Studio album by Ludovico Einaudi
- Released: 5 October 2009
- Genre: Contemporary classical music
- Length: 1:07:20
- Label: Sony Classical

Ludovico Einaudi chronology
| Divenire (2006) | Nightbook (2009) | In a Time Lapse (2013) |

= Nightbook =

Nightbook is an album created by Italian composer Ludovico Einaudi and released in 2009. The album saw Einaudi take a new direction with his music as he incorporated synthesized sounds alongside his solo piano playing. A new approach could be seen with tracks such as "Nightbook", and "Lady Labyrinth" where the element of percussion was utilized along the piano, acting as a driving force throughout the song.
In Italy the album went Gold with more than 35,000 copies sold. Einaudi describes this album as "A night-time landscape. A garden faintly visible under the dull glow of the night sky. A few stars dotting the darkness above, shadows of the trees all around. Light shining from a window behind me. What I can see is familiar, but it seems alien at the same time. It's like a dream - anything may happen."

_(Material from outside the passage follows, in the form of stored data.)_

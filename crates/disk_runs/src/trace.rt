ghost use Rattle.zone_choice.specs.Sane.{KeepsShape};
ghost use Rattle.zone_translator.specs.View.{DiskView};
ghost use Rattle.disk_runs.specs.AnyDevice.{any_lines};
ghost use Rattle.disk_runs.specs.FlatLines.{flat};
ghost use Rattle.disk_runs.specs.KeepingLaws.{any_same};
ghost use Rattle.disk_runs.specs.Run.{Runs, exchange};
ghost use Rattle.disk_runs.specs.Taken.{disk_lines};
ghost use Rattle.disk_runs.specs.Trace.{RunGives, RunLeaves, trace};
ghost use Rattle.disk_runs.specs.declared.taking.Taking.{Taking};

use crate::fault::RunFault;
use crate::lines::{Answerer, answer_lines};
use crate::requests::{SHORT_REPLY, answer_request, flush_if};
use crate::taking::Taking;
use disk_files::{LineReader, ParseFault, TraceLine, WriteFault, is_skipped, write_out};
use drive_port::{Device, Honest};
use std::alloc::Global;
use std::io::{Read, Write};
use zone_translator::{AnyDisk, Disk};

/// Answers the lines of a trace by the calls of a disk.
#[derive(Drop)]
struct TraceAnswerer<D: Device + Drop> {
    disk: AnyDisk<D>,
    /// Which lines it takes, and how.
    taking: Taking,
    /// The data of the last line, if it was a `write`.
    bytes: Vec<u8>,
    /// The block that a read showed last.
    block: Vec<u8>,
    reply: Vec<u8>,
}

impl<D: Device + Drop> Answerer for TraceAnswerer<D> {
    ghost State = { DiskView };

    ghost state = { λ t. t.disk };

    ghost Mode = { Taking };

    ghost mode = { λ t. t.taking };

    ghost language = { any_lines };

    ghost reply = { λ t. t.reply.items };

    ghost same = { λ by disk. any_same by disk };

    fn answer(&mut self, line: &[u8], number: u64) -> Result<(), RunFault> {
        self.reply.clear();
        if is_skipped(line) {
            return Ok(());
        }
        let request = match TraceLine::parse(line, &mut self.bytes) {
            Ok(request) => request,
            Err(ParseFault::Grammar) => return Err(RunFault::Line(number)),
            Err(ParseFault::Memory) => return Err(RunFault::Memory),
        };
        let block_bytes = self.disk.block_bytes();
        if !self.taking.takes(request, &self.bytes, block_bytes) {
            return Err(RunFault::Line(number));
        }
        // With this room the reply to a call that is done can always be held.
        self.reply.reserve(SHORT_REPLY)?;
        answer_request(
            &mut self.disk,
            request,
            &self.bytes,
            &mut self.block,
            &mut self.reply,
        )?;
        if let Err(fault) = flush_if(&mut self.disk, self.taking.flushes(request)) {
            return Err(RunFault::Disk(fault));
        }
        Ok(())
    }

    fn write_reply<W: Write>(&self, writer: &mut W) -> Result<(), WriteFault> {
        write_out(writer, &self.reply)
    }
}

/// Answers each line of the reader by the calls of a disk over any device, as [`answer_trace`] does. The disk is given
/// back.
///
/// Whatever the device's Reads return, each line is answered or ends the run, each reply has its form, the drive keeps
/// its shape, and each line takes no more commands than it may. As long as they returned what it holds, the answers are
/// those of `answer_trace`: so are all replies before the first Read that lied.
pub fn answer_any_trace<R: Read + Drop, W: Write, D: Device + Drop>(
    alloc: Global,
    taking: Taking,
    reader: &mut LineReader<R>,
    writer: &mut W,
    disk: AnyDisk<D>,
) -> (AnyDisk<D>, Result<(), RunFault>)
    ensures runs { Runs (any_lines taking) (exchange reader.old.left (W.contents writer.old) (W.contents writer.new))
        disk result.1 result.0 }
    // Whatever the Reads returned.
    ensures shape { KeepsShape disk.drive result.0.drive }
{
    let mut answerer = TraceAnswerer {
        disk,
        taking,
        bytes: Vec::new(alloc),
        block: Vec::new(alloc),
        reply: Vec::new(alloc),
    };
    let result = answer_lines(reader, writer, &mut answerer);
    (answerer.disk, result)
}

/// Answers each line of the reader by the calls of a disk, and writes its reply, until the lines end. `taking` says
/// which lines are taken, and whether the disk is flushed before a reply. The disk is given back.
///
/// After a fault the replies of all lines before stand and, where the writer failed, a beginning of the
/// next one. A line whose flush was refused is done, and has no reply.
pub fn answer_trace<R: Read + Drop, W: Write, D: Device + Honest + Drop>(
    alloc: Global,
    taking: Taking,
    reader: &mut LineReader<R>,
    writer: &mut W,
    disk: Disk<D>,
) -> (Disk<D>, Result<(), RunFault>)
    ensures { Runs (disk_lines taking) (exchange reader.old.left (W.contents writer.old) (W.contents writer.new))
        disk result.1 result.0 }
{
    let (disk, result) = answer_any_trace(alloc, taking, reader, writer, disk.into_any());
    disk.device().vouch();
    (Disk::of(disk), result)
}

/// Mounts the drive as a disk of `blocks` logical blocks, and answers each line of the reader by its calls, as
/// [`answer_trace`] does. The drive is given back.
pub fn run_trace<R: Read + Drop, W: Write, D: Device + Honest + Drop>(
    alloc: Global,
    reader: &mut LineReader<R>,
    writer: &mut W,
    device: D,
    blocks: u64,
) -> (D, Result<(), RunFault>)
    // The lines are answered as a flat disk answers them, which is the one that the drive keeps.
    ensures gives { RunGives flat blocks
        (exchange reader.old.left (W.contents writer.old) (W.contents writer.new))
        (D.drive device) result.1 (D.drive result.0) }
    // The drive can be mounted again; what the lines did to it from its mount on, and why it refused the last one.
    ensures leaves { RunLeaves trace blocks
        (exchange reader.old.left (W.contents writer.old) (W.contents writer.new))
        (D.drive device) result.1 (D.drive result.0) }
{
    let disk = match Disk::mount(alloc, device, blocks) {
        Ok(disk) => disk,
        Err((fault, device)) => return (device, Err(RunFault::Mount(fault))),
    };
    let (disk, result) = answer_trace(alloc, Taking::All, reader, writer, disk);
    (disk.into_device(), result)
}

The title track "Nightbook" was used in the TV advertisement for the Channel 4 drama "Any Human Heart".
The track "Lady Labyrinth" is often used as background music in Top Gear specials.

==Track listing==

| No. | Title | Length |
|---|---|---|
| 1. | "In Principio" | 2:51 |
| 2. | "Lady Labyrinth" | 5:30 |
| 3. | "Nightbook" | 5:50 |
| 4. | "Indaco" | 5:21 |
| 5. | "The Snow Prelude N. 15" | 4:28 |
| 6. | "Eros" | 5:36 |
| 7. | "The Crane Dance" | 3:05 |
| 8. | "The Snow Prelude N. 2" | 4:08 |
| 9. | "The Tower" | 4:40 |
| 10. | "Rêverie" | 4:40 |
| 11. | "Bye Bye Mon Amour" | 7:37 |
| 12. | "The Planets" | 7:07 |
| 13. | "Solo" (Hidden track, also known as "Piste Sans Titre 13", which literally means "Untitled Track 13" in the Dutch release) | 8:46 |

Bonus Track
| No. | Title | Length |
|---|---|---|
| 14. | "Berlin Song" | 4:31 |

==Charts==

| Chart (2015) | Peak position |
|---|---|
| French Albums (SNEP) | 131 |
| Italian Albums (FIMI) | 11 |

==Certifications and sales==

| Region | Certification | Certified units/sales |
| Italy (FIMI) | Gold | 30,000^{*} |
Summaries
| Worldwide | — | 750,000 |
^{*} Sales figures based on certification alone.